Correlation between UCA1 and Oncolytic Vaccinia Virus Spread as Observed in Other Ovarian Cancer Cell Lines

(A and E) UCA1 expression was detected by qRT-PCR in SHIN-3, OVCAR3, RMG-1, SKOV3, and ES-2 cells (A) and primary ovarian cancer cells (E) (n = 3). (B and F) EGFP (left) and bright-field (right) images of SHIN-3, OVCAR3, RMG-1, SKOV3, and ES-2 cells (B) and primary ovarian cancer cells (F) after infection with OVV-LG (MOI = 0.001 or 0.01) for 48 h.

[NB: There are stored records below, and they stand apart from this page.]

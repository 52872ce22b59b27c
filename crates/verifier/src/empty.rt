// No rounds, where that is valid.
ghost use Rattle.std.specs.Prelude.{◌≡◌};
ghost use Rattle.refusal.specs.Tests.{first_of};
ghost use Rattle.verifier.specs.Verified.{empty_tests, emptied};
ghost use Rattle.verifier.specs.Gates.{ReadyEmpty};

use field::{Ext, Field};
use refusal::Refusal;
use stored::Outline;
use verifier_round::{Claims, Verdict};

// No layer, no polynomial entry, and q0 is 1: then the claims are 0 and 1. Nothing is observed.
pub fn verify_empty(proof: &[u8], outline: Outline) -> Verdict
    requires { ReadyEmpty proof.now outline }
    ensures { result ≡ emptied (first_of (empty_tests proof.now)) }
{
    let Outline {
        layers,
        entries,
        ..
    } = outline;
    if layers != 0 {
        return Err(Refusal::IncorrectLayerCount {
            expected: 0,
            actual: layers,
        });
    }
    if entries != 0 {
        return Err(Refusal::IncorrectSumcheckPolyCount {
            expected: 0,
            actual: entries,
        });
    }
    let q0 = wire::element_at(proof, 5);
    if !q0.equals(Ext::ONE) {
        return Err(Refusal::InvalidZeroRoundValue { actual: q0 });
    }
    Ok(Claims {
        numer: Ext::ZERO,
        denom: Ext::ONE,
    })
}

Scale bar, 1,000 μm. (C and G) Intensity and area of viral EGFP brightness in SHIN-3, OVCAR3, RMG-1, SKOV3, and ES-2 cells (C) and primary ovarian cancer cells (G) were measured using a Keyence BZ-X700 fluorescence microscope (n = 3). (D and H) Plaque-forming units (PFUs) of OVV in SHIN-3, OVCAR3, RMG-1, SKOV3, and ES-2 cells (D) and primary ovarian cancer cells (H) were determined by titration using RK-13 cells (n = 3). Data with error bars represent mean ± SEM.